Entries shown »
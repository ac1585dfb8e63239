//! The laws by which limits are counted without unfolding calls.

ghost use Rattle.lus_limits.specs.Instances.{MadeOfCallees};
ghost use Rattle.lus_limits.specs.Widths.{WidthByText, WidthIsPlain, WidthCuts};
ghost use Rattle.lus_limits.specs.Counts.{ContractByText, PropertiesByText, CountCuts, PropertyCuts};
ghost use Rattle.lus_limits.specs.Summaries.{SummaryByText};
ghost use Rattle.lus_limits.specs.Frames.{SummaryByItems};
ghost use Rattle.lus_limits.specs.FrameTerms.{SitesInAnyOrder};
ghost use Rattle.lus_limits.specs.Nodes.{NodeTermsKnown};
ghost use Rattle.lus_limits.specs.OwnTerms.{OwnTermsByItems};
ghost use Rattle.lus_limits.specs.SizeCuts.{SizeSummaryCuts, TermsCut};
ghost use Rattle.lus_limits.specs.SizeSummaries.{SizeSummaryByText, TermsBySummaries, LimitsByPeaks};
ghost use Rattle.lus_limits.specs.Sizes.{ContractSizesByText, FramesByText, TermsByText, BesideCuts, AboveCuts};

/// The instance of a declaration of a checked program is made of its text and of the instances of its callees.
pub fn made_of_callees()
    ensures { MadeOfCallees }
{}

/// In a checked program the width of a declaration's frame is that of its own cells, and for each call that of what
/// is held of it and of its callee's frame. A node's variables are those of its frame. Sums of widths past a bound are
/// known to be past it from widths that are cut there.
pub fn width_by_text()
    ensures widths { WidthByText }
    ensures plain { WidthIsPlain }
    ensures cuts { WidthCuts }
{}

/// In a checked program how many items a declaration's contract has, and how many properties the declaration, is
/// counted in its own text and by the counts of its callees' contracts, and up to a bound by counts that are cut there.
pub fn properties_by_text()
    ensures contracts { ContractByText }
    ensures properties { PropertiesByText }
    ensures counts { CountCuts }
    ensures cuts { PropertyCuts }
{}

/// In a checked program the sizes of a contract's terms are those by its own text and the sizes of its imports, and a
/// term of a declaration's system passes a limit where one of its own text does, or one of a callee's frame, or what
/// is owed to a callee. Sizes up to bounds are known from sizes that are cut there.
pub fn sizes_by_text()
    ensures contracts { ContractSizesByText }
    ensures frames { FramesByText }
    ensures terms { TermsByText }
    ensures beside { BesideCuts }
    ensures above { AboveCuts }
{}

/// In a checked program what callers need of a declaration, each number cut, is known from its own text and from what
/// is needed of its callees.
pub fn summary_by_text()
    ensures { SummaryByText }
{}

/// In a checked program what callers need of the sizes of a declaration's terms is finite, and known from its own text
/// and from what is needed of its callees; so are the greatest levels and parts of the terms of a node's system, which
/// tell whether some term passes a limit.
pub fn size_summary_by_text()
    ensures summaries { SizeSummaryByText }
    ensures terms { TermsBySummaries }
    ensures limits { LimitsByPeaks }
{}

/// What callers need of the sizes of a declaration's terms is known, cut past the limits, from what is needed of its
/// callees, cut as well.
pub fn size_summaries_cut()
    ensures summaries { SizeSummaryCuts }
    ensures terms { TermsCut }
{}

/// The greatest sizes of a declaration's own terms are those of its items, one by one, and of its free streams.
pub fn own_terms_by_items()
    ensures { OwnTermsByItems }
{}

/// In a checked program what stands for the calls of a declaration is as large in the order of their numbers and in
/// that of the text.
pub fn sites_in_any_order()
    ensures { SitesInAnyOrder }
{}

/// In a checked program what callers need of the sizes of a declaration's terms is made item by item.
pub fn summary_by_items()
    ensures { SummaryByItems }
{}

/// In a checked program of which all needs are known, these tell the greatest sizes of the terms of each node's system.
pub fn node_terms_known()
    ensures { NodeTermsKnown }
{}
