//! The laws of frames.

ghost use Rattle.lus_meaning.specs.Squeeze.{SqueezeLaw};
ghost use Rattle.frame_laws.specs.Laws.{EachHasOneFrame};

/// Of a checked program each declaration has for each trace that fits it exactly one frame of the trace's number of
/// instants: a run whose inputs, free names and first values, at every depth of calls, are those that the trace lists.
pub fn one_frame()
    ensures { EachHasOneFrame }
{}

/// Of a checked program a run of a declaration on some beat is, without the instants at which the beat is false, a run
/// on every instant, and each expression has at each instant that is left the value that it had.
pub fn squeezed()
    ensures { SqueezeLaw }
{}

What the exercise asks » Write out again, exactly, the lines from the one holding "and known from its own text" through the end of the listing, with both ends included.

Response area »
/// In a checked program what callers need of the sizes of a declaration's terms is finite, and known from its own text
/// and from what is needed of its callees; so are the greatest levels and parts of the terms of a node's system, which
/// tell whether some term passes a limit.
pub fn size_summary_by_text()
    ensures summaries { SizeSummaryByText }
    ensures terms { TermsBySummaries }
    ensures limits { LimitsByPeaks }
{}

/// What callers need of the sizes of a declaration's terms is known, cut past the limits, from what is needed of its
/// callees, cut as well.
pub fn size_summaries_cut()
    ensures summaries { SizeSummaryCuts }
    ensures terms { TermsCut }
{}

/// The greatest sizes of a declaration's own terms are those of its items, one by one, and of its free streams.
pub fn own_terms_by_items()
    ensures { OwnTermsByItems }
{}

/// In a checked program what stands for the calls of a declaration is as large in the order of their numbers and in
/// that of the text.
pub fn sites_in_any_order()
    ensures { SitesInAnyOrder }
{}

/// In a checked program what callers need of the sizes of a declaration's terms is made item by item.
pub fn summary_by_items()
    ensures { SummaryByItems }
{}

/// In a checked program of which all needs are known, these tell the greatest sizes of the terms of each node's system.
pub fn node_terms_known()
    ensures { NodeTermsKnown }
{}
//! The laws of frames.

ghost use Rattle.lus_meaning.specs.Squeeze.{SqueezeLaw};
ghost use Rattle.frame_laws.specs.Laws.{EachHasOneFrame};

/// Of a checked program each declaration has for each trace that fits it exactly one frame of the trace's number of
/// instants: a run whose inputs, free names and first values, at every depth of calls, are those that the trace lists.
pub fn one_frame()
    ensures { EachHasOneFrame }
{}

/// Of a checked program a run of a declaration on some beat is, without the instants at which the beat is false, a run
/// on every instant, and each expression has at each instant that is left the value that it had.
pub fn squeezed()
    ensures { SqueezeLaw }
{}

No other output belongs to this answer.